2022年9月24日,由北京市道教協(xié)會與北京師范大學社會學院聯(lián)合舉辦的“人居日下:明清宮廷與北京道教”學術論壇在西頂廟召開。

2022年9月24日,由北京市道教協(xié)會與北京師范大學社會學院聯(lián)合舉辦的“人居日下:明清宮廷與北京道教”學術論壇在西頂廟召開。會議采用線下和線上相結合的形式,邀請了北京、上海、南京、美國和法國的學者、研究人員及道教人士進行了15場主題發(fā)言,參會者共計百余人。

圖1. 論壇海報


9月24日上午8:30,開幕式由北京市道教協(xié)會秘書長高欣主持,北京市道教協(xié)會會長黃信陽發(fā)表致辭。黃信陽會長指出,本次會議研究明清宮廷與北京道教,一方面是要以史為鑒,吸收寶貴的歷史經(jīng)驗,探究道教中國化的歷史規(guī)律;另一方面有利于北京道教與時俱進,自覺與中華優(yōu)秀傳統(tǒng)文化相適應,促進道教傳承發(fā)展。黃會長致辭結束后,諸位與會專家學者及師生就“宮廷的道士:制度與道派”、“宮廷的道化:空間與藝術”、“宮廷到民間:神明與社會”這三大主題展開了豐富精彩的對話和討論。

圖2. 論壇會議現(xiàn)場


明清宮廷與宗教的復雜關系,不僅形塑了國家治理的樣貌,也影響了社會歷史的走向,神圣而民俗、高貴而鄉(xiāng)土的北京宗教亦由此形成。本次論壇聚焦北京道教及其相關人群這一總命題,將宮廷置于討論的背景,試圖探討明清時期宮廷與民間的復雜互動中,道教扮演著怎樣的角色。本綜述將依據(jù)會議三大主題,從“宮廷的道士”“宮廷的道化”,以及“宮廷到民間”三個方面總結與會學者的觀點成果。從這些角度出發(fā),諸位專家學者在不同的視域中進行了案例考察與歷史追溯,或是積累了豐富的史料,或是進行現(xiàn)場考證勘察,或是關注鮮活的個體經(jīng)歷,產(chǎn)出了大量富有啟迪的研究成果。

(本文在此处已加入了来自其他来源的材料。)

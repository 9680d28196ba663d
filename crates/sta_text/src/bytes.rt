//! Tests of bytes, and lengths of the parts of a text.

ghost use Rattle.std.specs.Prelude.{◌≡◌, ◌≤◌, ◌<◌, ◌+◌, ◌^◌, length, IfSome};
ghost use Rattle.std.specs.List.{prefix_len};
ghost use Rattle.timing_defs.specs.Names.{is_graphic};
ghost use Rattle.sta_text.specs.Bytes.{begins, is_blank, is_white, line_end_len, continues, is_liberty_mark, is_identifier_byte, is_number_byte, is_identifier_start, is_inside, is_of_line, opens_comment, deeper, stops, ends_word, word_end, closing, comment_end};

/// A kind of word: one of Liberty, a hierarchical name of SPEF, and in Tcl a word of a command, of
/// a list in braces, or inside brackets.
#[derive(Clone, Copy, Drop)]
pub(crate) enum WordSort {
    Attribute,
    Hierarchical,
    Command,
    Listed,
    Bracketed,
}

/// Whether the text's first byte is this one.
pub fn begins(byte: u8, bytes: &[u8]) -> bool
    ensures { result ≡ begins byte bytes.now }
{
    match bytes.split_first() {
        None => false,
        Some((first, _)) => *first == byte,
    }
}

pub(crate) fn is_graphic(byte: u8) -> bool
    ensures { result ≡ is_graphic byte }
{
    33 <= byte && byte <= 126
}

pub(crate) fn is_blank(byte: u8) -> bool
    ensures { result ≡ is_blank byte }
{
    byte == b' ' || byte == b'\t'
}

pub(crate) fn is_white(byte: u8) -> bool
    ensures { result ≡ is_white byte }
{
    byte == b' ' || byte == b'\t' || byte == b'\n' || byte == b'\r'
}

/// How many bytes of a line's end the text begins with.
pub fn line_end_len(bytes: &[u8]) -> usize
    ensures value { result ≡ line_end_len bytes.now }
    ensures within { result ≤ length bytes.now }
{
    match bytes.split_first() {
        None => 0,
        Some((first, rest)) => {
            if *first == b'\n' {
                1
            } else if *first == b'\r' && begins(b'\n', rest) {
                2
            } else {
                0
            }
        }
    }
}

/// Whether the byte is a backslash that continues the line.
pub fn continues(byte: u8, rest: &[u8]) -> bool
    ensures { result ≡ continues byte rest.now }
{
    byte == b'\\' && 0 < line_end_len(rest)
}

pub(crate) fn is_liberty_mark(byte: u8) -> bool
    ensures { result ≡ is_liberty_mark byte }
{
    byte == b'('
        || byte == b')'
        || byte == b'{'
        || byte == b'}'
        || byte == b':'
        || byte == b';'
        || byte == b','
}

pub(crate) fn is_identifier_byte(byte: u8) -> bool
    ensures { result ≡ is_identifier_byte byte }
{
    byte.is_ascii_alphanumeric() || byte == b'_' || byte == b'$'
}

pub(crate) fn is_number_byte(byte: u8) -> bool
    ensures { result ≡ is_number_byte byte }
{
    is_identifier_byte(byte) || byte == b'\''
}

pub(crate) fn is_identifier_start(byte: u8) -> bool
    ensures { result ≡ is_identifier_start byte }
{
    byte.is_ascii_alphabetic() || byte == b'_'
}

/// How many graphic bytes the text begins with.
pub(crate) fn graphic_len(bytes: &[u8]) -> usize
    ensures value { result ≡ prefix_len is_graphic bytes.now }
    ensures within { result ≤ length bytes.now }
{
    bytes.iter().take_while(|byte| is_graphic(**byte)).count()
}

pub(crate) fn identifier_len(bytes: &[u8]) -> usize
    ensures value { result ≡ prefix_len is_identifier_byte bytes.now }
    ensures within { result ≤ length bytes.now }
{
    bytes
        .iter()
        .take_while(|byte| is_identifier_byte(**byte))
        .count()
}

pub(crate) fn number_len(bytes: &[u8]) -> usize
    ensures value { result ≡ prefix_len is_number_byte bytes.now }
    ensures within { result ≤ length bytes.now }
{
    bytes
        .iter()
        .take_while(|byte| is_number_byte(**byte))
        .count()
}

/// How many bytes stand before the next quote.
pub(crate) fn inside_len(bytes: &[u8]) -> usize
    ensures value { result ≡ prefix_len is_inside bytes.now }
    ensures within { result ≤ length bytes.now }
{
    bytes.iter().take_while(|byte| **byte != b'"').count()
}

/// How many bytes stand before the next line feed.
pub(crate) fn line_len(bytes: &[u8]) -> usize
    ensures value { result ≡ prefix_len is_of_line bytes.now }
    ensures within { result ≤ length bytes.now }
{
    bytes.iter().take_while(|byte| **byte != b'\n').count()
}

/// The brackets that a word has depth behind this byte.
fn deeper(depth: usize, byte: u8) -> usize
    requires { depth + 1 < 2 ^ 64 }
    ensures { result ≡ deeper depth byte }
{
    if byte == b'[' {
        depth + 1
    } else if byte == b']' {
        depth.saturating_sub(1)
    } else {
        depth
    }
}

/// Whether a comment of two slashes, or of a slash and a star, begins at this byte.
fn opens_comment(kind: WordSort, byte: u8, rest: &[u8]) -> bool
    ensures { result ≡ opens_comment kind byte rest.now }
{
    match kind {
        WordSort::Attribute => byte == b'/' && begins(b'*', rest),
        WordSort::Hierarchical => byte == b'/' && (begins(b'/', rest) || begins(b'*', rest)),
        _ => false,
    }
}

/// Whether a graphic byte ends a word.
fn stops(kind: WordSort, depth: usize, before: u8, byte: u8, rest: &[u8]) -> bool
    ensures { result ≡ stops kind depth before byte rest.now }
{
    match kind {
        WordSort::Attribute => {
            is_liberty_mark(byte)
                || byte == b'"'
                || (opens_comment(kind, byte, rest) && before != b'\\')
                || continues(byte, rest)
        }
        WordSort::Hierarchical => opens_comment(kind, byte, rest) && before != b'\\',
        WordSort::Command => byte == b';' || continues(byte, rest),
        WordSort::Listed => byte == b';' || byte == b'{' || byte == b'}' || continues(byte, rest),
        WordSort::Bracketed => byte == b';'
            || (byte == b']' && depth == 0)
            || continues(byte, rest),
    }
}

/// Whether a word ends before this byte.
fn ends_word(kind: WordSort, depth: usize, before: u8, byte: u8, rest: &[u8]) -> bool
    ensures { result ≡ ends_word kind depth before byte rest.now }
{
    !is_graphic(byte) || stops(kind, depth, before, byte, rest)
}

/// How many bytes of a word stand behind its first one.
#[tactic(auto, unfolding(crate::specs::Bytes::word_end), using(std::proofs::lemmas::List::drop_more))]
pub(crate) fn word_len(kind: WordSort, first: u8, bytes: &[u8]) -> usize
    ensures value { result ≡ word_end kind 0 0 first bytes.now }
    ensures within { result ≤ length bytes.now }
{
    let mut depth = 0;
    let mut before = first;
    for (i, byte) in bytes.iter().enumerate() {
        let rest = bytes.split_at(i + 1).1;
        if ends_word(kind, depth, before, *byte, rest) {
            return i;
        }
        depth = deeper(depth, *byte);
        before = *byte;
    }
    bytes.len()
}

/// How many bytes a comment has behind its opening ones, up to a star and this byte.
#[tactic(auto, unfolding(crate::specs::Bytes::closing), using(std::proofs::lemmas::List::drop_more))]
pub(crate) fn closing(last: u8, bytes: &[u8]) -> Option<usize>
    ensures value { result ≡ closing last 0 bytes.now }
    ensures within { IfSome result (λ n. n ≤ length bytes.now) }
{
    for (i, byte) in bytes.iter().enumerate() {
        if *byte == b'*' && begins(last, bytes.split_at(i + 1).1) {
            return Some(i + 2);
        }
    }
    None
}

/// How many bytes of a Tcl comment stand behind its mark.
#[tactic(auto, unfolding(crate::specs::Bytes::comment_end), using(std::proofs::lemmas::List::drop_more))]
pub(crate) fn comment_len(first: u8, bytes: &[u8]) -> usize
    ensures value { result ≡ comment_end 0 0 first bytes.now }
    ensures within { result ≤ length bytes.now }
{
    let mut second = 0;
    let mut last = first;
    for (i, byte) in bytes.iter().enumerate() {
        if *byte == b'\n' && !(last == b'\\' || (last == b'\r' && second == b'\\')) {
            return i;
        }
        second = last;
        last = *byte;
    }
    bytes.len()
}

圖3. 故宮博物院王子林研究館員做《欽安殿玄天上帝與帝統(tǒng)繼承》主題演講


圖4. 本次會議其他與會學者,從左至右:
王宜峨(評議人)、王宗昱(評議人)、汪桂平、呂敏(Marianne Bujard)、
王崗、劉迅、高萬桑(Vincent Goossaert)、李雨航
鞠熙、付海晏、賀晏然、楊君、
王彥嘉、侯海洋、許彤、陶金


一、宮廷的道士:制度與道派

在明清王朝歷史中,道教首先且始終是一種制度性的存在。只有將代表教派及重要人物放在國家制度的背景中,才能理解道教自身的存續(xù)發(fā)展問題。近年來,從政治史和社會史角度討論道教成為熱點,本場討論更是集中于明初、明末與清末三個典型時間段內(nèi),對宮廷與道士的關系做了集中思考。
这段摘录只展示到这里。